◆ Exercise:
Reproduce the entries below in full, word for word.

Saved entries:
//! Rows of dots, eight to a byte: what images are made of, and how they are painted.
//!
//! A dot is black or white, 1 or 0, and the leftmost dot of a byte is its highest bit, as in
//! netpbm's raw pbm. A `Band` holds rows, and a `Store` bytes, in room that is taken once. What can
//! be painted is an `Ink`, and an `Op` says what painting does to a dot where there is ink: each
//! painter here promises the same, `Painted`, with an ink of its own.
//!
//! - `single`: one dot, and rows painted dot by dot, which is how the faster painters are tested.
//! - `span`: all dots from one to another.
//! - `kernel`: the dots of one row on another, moved by any offset. `reversed`: a row turned end for end.
//! - `word`: 64 dots at once, cut out of a row and painted on one.
//! - `lanes`: many numbers looked at at once.
//! - `square`: 64 by 64 dots in 64 words, rows and columns exchanged.
//! - `place`: an ink at a place of a band.
//! - `band`, `store`: rows of dots and bytes on the heap. `room`: as much of it as is asked for.
//!   `small`: allocators that what stands on them may have.
//! - `image`: the header of an image, and the laws from the bytes of its rows to its dots and back.
//! - `listing`: the lines of a listing.
//! - `fault`: why a stream is refused.
#![tactic(auto)]

ghost use Rattle.std.specs.Prelude.{◌≡◌, ℕ, ◌-◌, ◌<◌, ◌≤◌, Bool, true};
ghost use Rattle.vp_dots.specs.Dots.{shifted};
ghost use Rattle.vp_dots.specs.Painting.{Painted};

mod band;
mod fault;
mod image;
mod kernel;
mod lanes;
mod listing;
mod place;
mod reversed;
mod room;
mod single;
mod small;
mod span;
mod square;
mod store;
mod word;

use crate::single::paint_moved_dot;
pub use band::Band;
pub use fault::{Fault, Why};
pub use image::{dots_decide, header, image_law, row_law};
pub use kernel::{clear_into, or_into, paint_into, painted_law, shift_law, xor_into};
pub use lanes::{edges, inked};
pub use listing::{list, spell};
pub use place::{paint_at, paint_words};
pub use reversed::{copy_reversed, reversed_at};
pub use room::{copied, filled};
pub use single::{dot_of, paint_bits, paint_dot};
pub use small::Small;
pub use span::{fill_dots, fill_moved};
pub use square::{SIDE, turned_square};
pub use store::{Full, Store};
pub use word::{NARROW, eight_at, first_dots, paint_narrow, paint_word, word_at, word_of};

/// The most lines that are painted by words at once: as many as a character of a receipt has.
pub const WORDS: usize = 24;

/// What painting does to a dot where there is ink: it makes it black, makes it white, or reverses it.
#[derive(Clone, Copy, Debug, PartialEq, Eq)]
pub enum Op {
    Black,
    White,
    Flip,
}

/// Lines that stand ready as words, from the first on that has ink to the last.
#[derive(Clone, Copy)]
pub struct Ready<'a> {
    /// How many lines stand above them.
    pub above: usize,
    pub words: &'a [u64],
}

/// Something that can be painted: dots of ink in a box.
pub trait Ink {
    ghost width: { Self → ℕ };

    ghost height: { Self → ℕ };

    /// Which dots have ink, by x and y.
    ghost ink_at: { Self → ℕ → ℕ → Bool };

    /// The width and the height, in dots.
    fn size(&self) -> (u32, u32)
        ensures width { result.0 ≡ width self.now }
        ensures height { result.1 ≡ height self.now };

    /// Whether there is ink at column x of line y: nowhere outside the size.
    fn ink(&self, x: u32, y: u32) -> bool
        ensures { result ≡ ink_at self.now x y };

    /// Applies the operation to the dots d of the row where d - at, in line y, has ink.
    fn paint_row(&self, y: u32, op: Op, at: i64, row: &mut [u8])
        ensures { Painted op (shifted at (λ x. ink_at self.now x y)) row.old row.new }
    {
        let (w, _) = self.size();
        for x in 0..w {
            if self.ink(x, y) {
                paint_moved_dot(op, at, x as u128, row);
            }
        }
    }

    /// The first and the last of the lines around line y that are known to show what it shows, so that what
    /// was drawn for one of them serves for all.
    fn alike(&self, y: u32) -> (u32, u32)
        ensures first { result.0 ≤ y }
        ensures last { y ≤ result.1 }
        ensures same { (x v : ℕ) → result.0 ≤ v → v ≤ result.1 → ink_at self.now x v ≡ ink_at self.now x y }
    {
        (y, y)
    }

    /// There is no ink outside.
    ghost outside: { (s : Self) (x y : ℕ) → ink_at s x y ≡ true → (x < width s) × (y < height s) };
}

◆ Result for this task:
//! Rows of dots, eight to a byte: what images are made of, and how they are painted.
//!
//! A dot is black or white, 1 or 0, and the leftmost dot of a byte is its highest bit, as in
//! netpbm's raw pbm. A `Band` holds rows, and a `Store` bytes, in room that is taken once. What can
//! be painted is an `Ink`, and an `Op` says what painting does to a dot where there is ink: each
//! painter here promises the same, `Painted`, with an ink of its own.
//!
//! - `single`: one dot, and rows painted dot by dot, which is how the faster painters are tested.
//! - `span`: all dots from one to another.
//! - `kernel`: the dots of one row on another, moved by any offset. `reversed`: a row turned end for end.
//! - `word`: 64 dots at once, cut out of a row and painted on one.
//! - `lanes`: many numbers looked at at once.
//! - `square`: 64 by 64 dots in 64 words, rows and columns exchanged.
//! - `place`: an ink at a place of a band.
//! - `band`, `store`: rows of dots and bytes on the heap. `room`: as much of it as is asked for.
//!   `small`: allocators that what stands on them may have.
//! - `image`: the header of an image, and the laws from the bytes of its rows to its dots and back.
//! - `listing`: the lines of a listing.
//! - `fault`: why a stream is refused.
#![tactic(auto)]

ghost use Rattle.std.specs.Prelude.{◌≡◌, ℕ, ◌-◌, ◌<◌, ◌≤◌, Bool, true};
ghost use Rattle.vp_dots.specs.Dots.{shifted};
ghost use Rattle.vp_dots.specs.Painting.{Painted};

mod band;
mod fault;
mod image;
mod kernel;
mod lanes;
mod listing;
mod place;
mod reversed;
mod room;
mod single;
mod small;
mod span;
mod square;
mod store;
mod word;

use crate::single::paint_moved_dot;
pub use band::Band;
pub use fault::{Fault, Why};
pub use image::{dots_decide, header, image_law, row_law};
pub use kernel::{clear_into, or_into, paint_into, painted_law, shift_law, xor_into};
pub use lanes::{edges, inked};
pub use listing::{list, spell};
pub use place::{paint_at, paint_words};
pub use reversed::{copy_reversed, reversed_at};
pub use room::{copied, filled};
pub use single::{dot_of, paint_bits, paint_dot};
pub use small::Small;
pub use span::{fill_dots, fill_moved};
pub use square::{SIDE, turned_square};
pub use store::{Full, Store};
pub use word::{NARROW, eight_at, first_dots, paint_narrow, paint_word, word_at, word_of};

/// The most lines that are painted by words at once: as many as a character of a receipt has.
pub const WORDS: usize = 24;

/// What painting does to a dot where there is ink: it makes it black, makes it white, or reverses it.
#[derive(Clone, Copy, Debug, PartialEq, Eq)]
pub enum Op {
    Black,
    White,
    Flip,
}

/// Lines that stand ready as words, from the first on that has ink to the last.
#[derive(Clone, Copy)]
pub struct Ready<'a> {
    /// How many lines stand above them.
    pub above: usize,
    pub words: &'a [u64],
}

/// Something that can be painted: dots of ink in a box.
pub trait Ink {
    ghost width: { Self → ℕ };

    ghost height: { Self → ℕ };

    /// Which dots have ink, by x and y.
    ghost ink_at: { Self → ℕ → ℕ → Bool };

    /// The width and the height, in dots.
    fn size(&self) -> (u32, u32)
        ensures width { result.0 ≡ width self.now }
        ensures height { result.1 ≡ height self.now };

    /// Whether there is ink at column x of line y: nowhere outside the size.
    fn ink(&self, x: u32, y: u32) -> bool
        ensures { result ≡ ink_at self.now x y };

    /// Applies the operation to the dots d of the row where d - at, in line y, has ink.
    fn paint_row(&self, y: u32, op: Op, at: i64, row: &mut [u8])
        ensures { Painted op (shifted at (λ x. ink_at self.now x y)) row.old row.new }
    {
        let (w, _) = self.size();
        for x in 0..w {
            if self.ink(x, y) {
                paint_moved_dot(op, at, x as u128, row);
            }
        }
    }

    /// The first and the last of the lines around line y that are known to show what it shows, so that what
    /// was drawn for one of them serves for all.
    fn alike(&self, y: u32) -> (u32, u32)
        ensures first { result.0 ≤ y }
        ensures last { y ≤ result.1 }
        ensures same { (x v : ℕ) → result.0 ≤ v → v ≤ result.1 → ink_at self.now x v ≡ ink_at self.now x y }
    {
        (y, y)
    }

    /// There is no ink outside.
    ghost outside: { (s : Self) (x y : ℕ) → ink_at s x y ≡ true → (x < width s) × (y < height s) };
}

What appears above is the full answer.